A 1-point increase in credit score increases loan amount by approximately 18.2 units.
Customers with better credit history receive larger loans.
Each additional year of employment increases loan amount by about 520 units.
Stable employment improves borrowing capacity.
Existing debt has a negative coefficient.
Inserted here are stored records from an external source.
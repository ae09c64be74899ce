// String forms, paths and path templates.
use call_lines::{Call, Stop, none, quoted, truth};
use mesh_policy::{Pattern, Template, path_of};
use mesh_text::Text;
use std::alloc::Global;

pub fn answer(alloc: Global, call: &Call) -> Result<Option<String>, Stop> {
    match call.name {
        "path_of" => quoted(alloc, Some(path_of(call.text(0)?))),
        "Pattern::parse" => form(alloc, &pattern(alloc, call)?),
        "Pattern::holds" => truth(alloc, pattern(alloc, call)?.holds(call.text(1)?)),
        "Pattern::holds_folded" => truth(alloc, pattern(alloc, call)?.holds_folded(call.text(1)?)),
        "Template::is_template" => truth(alloc, Template::is_template(call.text(0)?)),
        "Template::parse" => uri(alloc, Template::parse(alloc, call.text(0)?)?),
        "Template::from_uri" => uri(alloc, Template::from_uri(alloc, call.text(0)?)?),
        "Template::copy" => copied(alloc, Template::from_uri(alloc, call.text(0)?)?),
        "Template::matches" => matched(alloc, call),
        _ => Ok(None),
    }
}

// A form is made of a text that is not empty.
fn pattern(alloc: Global, call: &Call) -> Result<Pattern, Stop> {
    let text = call.text(0)?;
    if text.is_empty() {
        return Err(Stop::Arguments);
    }
    Ok(Pattern::parse(alloc, text)?)
}

fn form(alloc: Global, pattern: &Pattern) -> Result<Option<String>, Stop> {
    match pattern {
        Pattern::Exact(text) => named(alloc, "exact", text),
        Pattern::Prefix(text) => named(alloc, "prefix", text),
        Pattern::Suffix(text) => named(alloc, "suffix", text),
        Pattern::Present => Ok(Some(format!(in alloc; "present")?)),
    }
}

fn named(alloc: Global, name: &str, text: &Text) -> Result<Option<String>, Stop> {
    Ok(Some(format!(in alloc; "{name} \"{text}\"")?))
}

fn uri(alloc: Global, template: Option<Template>) -> Result<Option<String>, Stop> {
    match template {
        None => none(alloc),
        Some(template) => quoted(alloc, Some(template.to_uri(alloc)?.as_str())),
    }
}

// The copy's own URI form, and whether it is equal.
fn copied(alloc: Global, template: Option<Template>) -> Result<Option<String>, Stop> {
    let template = template.ok_or(Stop::Arguments)?;
    let copy = template.copy(alloc)?;
    let is_equal = copy == template;
    Ok(Some(format!(in alloc; "\"{}\", equal {is_equal}", copy.as_uri())?))
}

fn matched(alloc: Global, call: &Call) -> Result<Option<String>, Stop> {
    match Template::parse(alloc, call.text(0)?)? {
        None => none(alloc),
        Some(template) => truth(alloc, template.matches(call.text(1)?)),
    }
}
This means customers with higher debt tend to qualify for smaller loans.
# Model summary
summary(loan_model)$r.squared
## [1] 0.9991784
99% of variation in Loan Amount is explained by the predictors. The model fits the data very well.
# Diagnostic plots
par(mfrow = c(2,2))
plot(loan_model)
-Linearity
-Normality
-Constant variance
-Outliers
# Correlation matrix
cor(loan_data)
## Income CreditScore YearsEmployed ExistingDebt LoanAmount
## Income 1.0000000 0.9969160 0.9962972 0.9985626 0.9993296
## CreditScore 0.9969160 1.0000000 0.9948066 0.9972470 0.9980156
## YearsEmployed 0.9962972 0.9948066 1.0000000 0.9957446 0.9962036
## ExistingDebt 0.9985626 0.9972470 0.9957446 1.0000000 0.9985536
## LoanAmount 0.9993296 0.9980156 0.9962036 0.9985536 1.0000000
pairs(loan_data)
# Predict for new customer
new_customer <- data.frame(
Income = 9000,
CreditScore = 730,
YearsEmployed = 6,
ExistingDebt = 1500
)
predict(loan_model, new_customer)
## 1
## 16769.42
The multiple linear regression model showed that Income, Credit Score, and Years Employed positively influence Loan Amount, while Existing Debt negatively affects Loan Amount. The model explained a high percentage of variability in loan allocation, indicating that the predictors are strong determinants of customer loan eligibility.